# BFD 1124P and SMS-1 for Stereo Subs



## oris98 (Jan 15, 2007)

Hi all,
I am new to bass manangement and I got myself one 1124P unit a few months ago. I after reading some of the threads here, Setting up 1124P can be lots of trouble and time consuming. I am thinking of getting a SMS-1 to run my stereo sub .

Can I use one SMS-1 room tune for one sub (one on my left and one on my right side alomost in the middle of the room close by the wall. While the second sub run by BDF ? Can I use SMS-1 to find out the frequency deficient between 20hz - 200hz and then manually set up the filter on the 1124p based on the freq. curve on SMS-1 and let bot bass managment tool work to gether ? So ultimately, both subs can be driven by one of its own EQ unit. 

Thanks.:innocent:


----------



## brucek (Apr 11, 2006)

You're really going to extremes to avoid using REW software so you can set up a BFD properly.

The SMS will not offer the correct bandwidth, frequency and gain parameters that the BFD requires to set up its filters. That's what REW is designed to do.....

Certainly any filtering that the SMS applies to a sub in one location would be useless when applied to a sub in a different location.

brucek


----------



## Wayne A. Pflughaupt (Apr 13, 2006)

> Can I use SMS-1 to find out the frequency deficient between 20hz - 200hz and then manually set up the filter on the 1124p based on the freq. curve on SMS-1 and let bot bass managment tool work to gether ?


brucek is right. Do you have REW up and running? If so, take a sweep and run the auto-EQ function using the 1124 as the equalizer of choice under the "Equalizer" tab. The EQ panel will tell you the exact values to enter into the 1124. Nothing could be easier.

Regards,
Wayne


----------



## oris98 (Jan 15, 2007)

I have not setup my 1124P yet. As I said, I am new to this, it is a bit intimidating in terms of setting it up the connection to the SBLive 24 and laptop and my Galaxy CM140. Comparing to the SMS-1, it is just plug and play solution. I haven't purchased the SMS-1 yet but I just want to understand if this is feasible to achieve what I want to do for bass management in a simplistic way. Also, I only have one 1124P now, can it actually handle 2 subwoofers running stereo ? or I still need a second 1124P for separate EQ for running it in stereo ? If I want to high pass the signal to my AMP so that it can cut 80hz and lower to my main amp for better clarity ? I am not sure this is a worthwhile practice.
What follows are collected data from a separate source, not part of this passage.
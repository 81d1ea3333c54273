// Parse errors: parse_err.rs.
ghost use Rattle.std.specs.Prelude.{◌≡◌};
ghost use Rattle.sifc_err.specs.ParseErr.{values_of, values_in, Maps};

use crate::Token;

// The fixed messages of InvalidTkn: `expected either '=' or ';`, `unexpected end of file`, `expected
// identifier`.
#[derive(Clone, Copy)]
pub enum Message {
    EqOrSemicolon = 1,
    EndOfFile = 2,
    AnIdentifier = 3,
}

// Why a declaration did not parse, or was listed all the same. Where the Rust carries a token's
// spelling, a T stands here: the token, or its index while the walk goes on. TknMismatch holds the expected
// kind first, WrongFnParmCnt the expected count. The Rust's InvalidTkn carries a spelling or a fixed
// message, so it has two cases here. Kinds and messages stay numbers, since the lent error words hold them
// so.
#[derive(Clone, Copy)]
pub enum ParseErrTy<T> {
    InvalidIdent(T),
    InvalidTkn(T),
    InvalidTknMsg(u32),
    InvalidAssign(T),
    InvalidForStmt,
    InvalidIfStmt,
    TknMismatch(u32, T),
    FnParmCntExceeded(usize),
    WrongFnParmCnt(usize, usize),
    UndeclSym(T),
    UnassignedVar(T),
    ExpectedIdent(T),
}

// A line, a column and a reason. A blank record has no reason.
#[derive(Clone, Copy)]
pub struct ParseErr {
    pub line: usize,
    pub pos: usize,
    pub ty: Option<ParseErrTy<Token>>,
}

impl<T: Copy> ParseErrTy<T> {
    // The reason's number: the order of ParseErrTy, from 1.
    pub fn number(self) -> u32
        ensures { result ≡ (values_of self).number }
    {
        match self {
            ParseErrTy::InvalidIdent(_) => 1,
            ParseErrTy::InvalidTkn(_) | ParseErrTy::InvalidTknMsg(_) => 2,
            ParseErrTy::InvalidAssign(_) => 3,
            ParseErrTy::InvalidForStmt => 4,
            ParseErrTy::InvalidIfStmt => 5,
            ParseErrTy::TknMismatch(_, _) => 6,
            ParseErrTy::FnParmCntExceeded(_) => 7,
            ParseErrTy::WrongFnParmCnt(_, _) => 8,
            ParseErrTy::UndeclSym(_) => 9,
            ParseErrTy::UnassignedVar(_) => 10,
            ParseErrTy::ExpectedIdent(_) => 11,
        }
    }

    // The same reason, with what f gives of the token that it carries.
    pub fn map<U, F: FnOnce(T) -> U>(self, f: F) -> ParseErrTy<U>
        requires { F.IsAlwaysCallable f }
        ensures { Maps (F.post f) self result }
    {
        match self {
            ParseErrTy::InvalidIdent(token) => ParseErrTy::InvalidIdent(f(token)),
            ParseErrTy::InvalidTkn(token) => ParseErrTy::InvalidTkn(f(token)),
            ParseErrTy::InvalidTknMsg(message) => ParseErrTy::InvalidTknMsg(message),
            ParseErrTy::InvalidAssign(token) => ParseErrTy::InvalidAssign(f(token)),
            ParseErrTy::InvalidForStmt => ParseErrTy::InvalidForStmt,
            ParseErrTy::InvalidIfStmt => ParseErrTy::InvalidIfStmt,
            ParseErrTy::TknMismatch(kind, token) => ParseErrTy::TknMismatch(kind, f(token)),
            ParseErrTy::FnParmCntExceeded(count) => ParseErrTy::FnParmCntExceeded(count),
            ParseErrTy::WrongFnParmCnt(want, count) => ParseErrTy::WrongFnParmCnt(want, count),
            ParseErrTy::UndeclSym(token) => ParseErrTy::UndeclSym(f(token)),
            ParseErrTy::UnassignedVar(token) => ParseErrTy::UnassignedVar(f(token)),
            ParseErrTy::ExpectedIdent(token) => ParseErrTy::ExpectedIdent(f(token)),
        }
    }
}

impl ParseErr {
    // The number of its reason; 0 where it has none.
    pub fn number(self) -> u32
        ensures { result ≡ (values_in self.ty).number }
    {
        match self.ty {
            None => 0,
            Some(ty) => ty.number(),
        }
    }
}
Will the electronics components of the 1124P good and transparently enough for serious 2 channel music ? 
Do I need to apply any correction values of file for reading from my CM140 SPL meter ?
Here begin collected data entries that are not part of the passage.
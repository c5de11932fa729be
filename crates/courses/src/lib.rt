// Several actions one after the other, as one. What follows from it is in proofs/Coursing.antt; there is no code.
#![tactic(auto)]
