// Units: one more is made, if the budget has it.
#![tactic(auto)]

ghost use Rattle.events.specs.Asked.{UnitMade};

use events::{Ask, Counters, Halt};

// One unit, if the budget has it.
pub fn unit(ask: &Ask, counters: &mut Counters) -> Result<(), Halt>
    ensures { UnitMade ask.now counters.old result counters.new }
{
    if u64::from(ask.budget) <= counters.made {
        return Err(Halt::BudgetUsed);
    }
    counters.made += 1;
    Ok(())
}
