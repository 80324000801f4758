ghost use Rattle.std.specs.Prelude.{◌≡◌};
ghost use Rattle.tb_types.specs.declared.trouble.Trouble.TheVariants as troubles;

use crate::memory::Memory as NoMemory;
use std::alloc::AllocError;

/// An object outside the program. The least is named where several have failed.
#[derive(Clone, Copy, Debug, PartialEq, Eq, PartialOrd, Ord)]
pub enum Whom {
    Profile,
    Lane(u32),
    Spool,
    Archive,
    Console,
}

/// What is too large for the budget.
#[derive(Clone, Copy, Debug, PartialEq, Eq)]
pub enum Stage {
    Block,
    Relation,
    Tile,
}

/// Why a pass ends without its result.
#[derive(Clone, Copy, Debug, PartialEq, Eq)]
pub enum Trouble {
    /// A source failed.
    Source(Whom),
    /// A spill failed.
    Spill(Whom),
    /// A spill that doesn't tell its content gave back bytes that were not written to it.
    Outside { whom: Whom, run: u64, at: u64 },
    /// A reader that doesn't tell its content gave bytes in this pass that it didn't give before.
    Changed { pass: u8, block: u32 },
    /// Want of memory.
    Memory,
}

impl From<NoMemory> for Trouble {
    ghost from_gives = { λ _ e. e ≡ troubles.Memory };

    fn from(_e: NoMemory) -> Trouble {
        Trouble::Memory
    }
}

impl From<AllocError> for Trouble {
    ghost from_gives = { λ _ e. e ≡ troubles.Memory };

    fn from(_e: AllocError) -> Trouble {
        Trouble::Memory
    }
}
Thanks for the comment in advance..


----------



## brucek (Apr 11, 2006)

> it is a bit intimidating in terms of setting it up the connection to the SBLive 24 and laptop and my Galaxy CM140


Hopefully, you have read and are completely familiar with REW Cabling Basics and the REW HELP files.



> Comparing to the SMS-1, it is just plug and play solution


What fun is that............... expensive too.



> just want to understand if this is feasible to achieve what I want to do for bass management in a simplistic way


No.



> I only have one 1124P now, can it actually handle 2 subwoofers running stereo ?


Yes. It's a two channel device with completely independant filters on each channel.



> If I want to high pass the signal to my AMP so that it can cut 80hz and lower to my main amp for better clarity ?


I don't understand the question. Can you rephrase it?



> Will the electronics components of the 1124P good and transparently enough for serious 2 channel music ?


On a subwoofer, yes. On mains, no.



> Do I need to apply any correction values of file for reading from my CM140 SPL meter ?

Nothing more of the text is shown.